SUPPLIED DATA:

= Beginning of Section =

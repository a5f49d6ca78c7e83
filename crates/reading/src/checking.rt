//! The first pass of a reading: it judges the text field by field, and touches no table.
ghost use Rattle.std.specs.Prelude.{◌≡◌, ◌+◌, ◌<◌, ◌≤◌, true, [], length, slice_set, Err, IfOk, MatchResult};
ghost use Rattle.parts.specs.declared.limits.TheConstants.{MOST_PARTS, MOST_TEXT_MARKS};
ghost use Rattle.reading.specs.declared.checking.TheConstants.{MOST_FLAGS};
ghost use Rattle.text.specs.Numbers.{signed as signed_in};
ghost use Rattle.text.specs.Views.{piece_of, fields_left};
ghost use Rattle.book.specs.Meaning.{Rule};
ghost use Rattle.grammar.specs.Reading.{counted, is_table_full, number_or_fault, ended_rule, rule_of, rules_of};
ghost use Rattle.reading.specs.Checks.{count_or_fault, done_or_fault};

use crate::counted::{CountedLines, counted_fields};
use crate::head::Head;
use grammar::{Room, RuleStart};
use parts::limits::{MOST_PARTS, MOST_TEXT_MARKS};
use parts::{Fault, Refusal};
use text::{Fields, Piece, signed};

// A flag for each part, and for the 0 that ends a rule.
pub(crate) const MOST_FLAGS: usize = MOST_PARTS + 1;

// A rule while its line is read: the room that the tables have, what is known where its line
// starts, which parts it has named so far, and how many marks that is.
// Stays a table by part, with which a text of 124 long rules takes 2.3 ms, as ever: with a search
// in the list of its marks it took 3.4.
#[derive(Drop)]
pub(crate) struct OpenRule {
    room: Room,
    start: RuleStart,
    named: [bool; MOST_FLAGS],
    count: usize,
    ghost few: { room.n ≤ MOST_PARTS },
    ghost fits: { start.used + count ≤ MOST_TEXT_MARKS },
    ghost long: { length named ≡ MOST_FLAGS },
}

impl OpenRule {
    ghost use Rattle.reading.specs.Named.{HasNamed};

    // Whether a field finds no entry left: a rule's first field in the table of ends, a mark in the
    // table of marks.
    fn is_table_full(&self, number: i32) -> bool
        ensures { (marks : Rule) → HasNamed self.now marks →
            result ≡ is_table_full self.now.room self.now.start marks number }
    {
        if self.count == 0 && self.start.rule > self.room.ends {
            return true;
        }
        number != 0 && self.start.used + self.count >= self.room.marks.min(MOST_TEXT_MARKS)
    }

    // The number of the rule's next field, or the first fault that applies to it.
    fn check_field(&self, field: Piece<'_>) -> Result<i32, Fault>
        ensures { (marks : Rule) → HasNamed self.now marks → result ≡ number_or_fault
            self.now.room self.now.start marks field.entry.at (signed_in field.entry.bytes.now) }
    {
        let byte = field.at;
        let Some(number) = signed(field.bytes) else {
            return Err(Fault::new(Refusal::MalformedRule, byte, self.start.rule));
        };
        let part = number.unsigned_abs() as usize;
        if part > self.room.n {
            return Err(Fault::new(Refusal::PartAboveN, byte, self.start.rule));
        }
        if self.named[part] {
            return Err(Fault::new(Refusal::PartNamedTwice, byte, self.start.rule));
        }
        if self.is_table_full(number) {
            return Err(Fault::new(Refusal::TableFull, byte, self.start.rule));
        }
        Ok(number)
    }

    // One part more, which the rule may name.
    fn add(&mut self, part: usize)
        requires { (part ≤ MOST_PARTS) × (self.old.start.used + self.old.count < MOST_TEXT_MARKS) }
        ensures named { self.new.named ≡ slice_set self.old.named part true }
        ensures count { self.new.count ≡ self.old.count + 1 }
        ensures same { (self.new.room ≡ self.old.room) × (self.new.start ≡ self.old.start) }
    {
        self.named[part] = true;
        self.count += 1;
    }

    // How many marks the rule has; nothing may follow its 0 on the line.
    fn close(&self, after: Fields<'_>) -> Result<usize, Fault>
        ensures { (marks : Rule) → HasNamed self.now marks →
            result ≡ count_or_fault (ended_rule self.now.start marks (fields_left after.entry)) }
    {
        let mut left = after;
        match left.next() {
            None => Ok(self.count),
            Some(field) => Err(Fault::new(Refusal::MalformedRule, field.at, self.start.rule)),
        }
    }
}

// How many marks the rule on the line has, or its first fault.
fn check_rule(line: Piece<'_>, room: Room, start: RuleStart) -> Result<usize, Fault>
    requires { (room.n ≤ MOST_PARTS) × (start.used ≤ MOST_TEXT_MARKS) }
    ensures value { result ≡ count_or_fault
        (rule_of room start [] (counted (piece_of line.entry))) }
    ensures few { IfOk result (λ count. start.used + count ≤ MOST_TEXT_MARKS) }
{
    let mut open = OpenRule {
        room,
        start,
        named: [false; MOST_FLAGS],
        count: 0,
    };
    let mut fields = counted_fields(line);
    while let Some(field) = fields.next() {
        let number = open.check_field(field)?;
        if number == 0 {
            return open.close(fields);
        }
        open.add(number.unsigned_abs() as usize);
    }
    Err(Fault::new(Refusal::MalformedRule, start.end, start.rule))
}

impl<'a> Head<'a> {
    ghost use Rattle.reading.specs.Counted.{lines_left, text_end};
    ghost use Rattle.reading.specs.Rests.{Leaves};

    // Judges a line for each rule, and returns the lines after them.
    fn check_lines(&self, room: Room) -> Result<CountedLines<'a>, Fault>
        requires { room.n ≤ MOST_PARTS }
        ensures { MatchResult result (Leaves self.now room) (λ e. Err e ≡ done_or_fault (rules_of
            room (text_end self.now.rules) self.now.size.m 0 0 (lines_left self.now.rules))) }
    {
        // Stays a for: the lines that are left go along with the total, and are what is returned.
        let mut lines = self.rules;
        let mut used = 0;
        for done in 0..self.size.m {
            let rule = done + 1;
            let Some(line) = lines.next() else {
                return Err(Fault::new(Refusal::RuleCount, self.rules.end(), rule));
            };
            let start = RuleStart {
                rule,
                used,
                end: line.end(),
            };
            used += check_rule(line, room, start)?;
        }
        Ok(lines)
    }

    // Judges the lines after the head, for tables of so many marks and ends: a line for each rule,
    // and nothing more that counts.
    pub(crate) fn check_rules(&self, marks: usize, ends: usize) -> Result<(), Fault>
        ensures { result ≡ done_or_fault (rules_of
            (record { n = self.now.size.n; marks = marks; ends = ends })
            (text_end self.now.rules) self.now.size.m 0 0 (lines_left self.now.rules)) }
    {
        let room = Room {
            n: self.size.n,
            marks,
            ends,
        };
        let mut after = self.check_lines(room)?;
        let Some(line) = after.next() else {
            return Ok(());
        };
        match counted_fields(line).next() {
            None => Ok(()),
            Some(field) => Err(Fault::new(Refusal::RuleCount, field.at, self.size.m + 1)),
        }
    }
}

= End of Section =

State how many lines of the data include the word "bool", with nothing else.

ANSWER FOR THIS EXERCISE: 2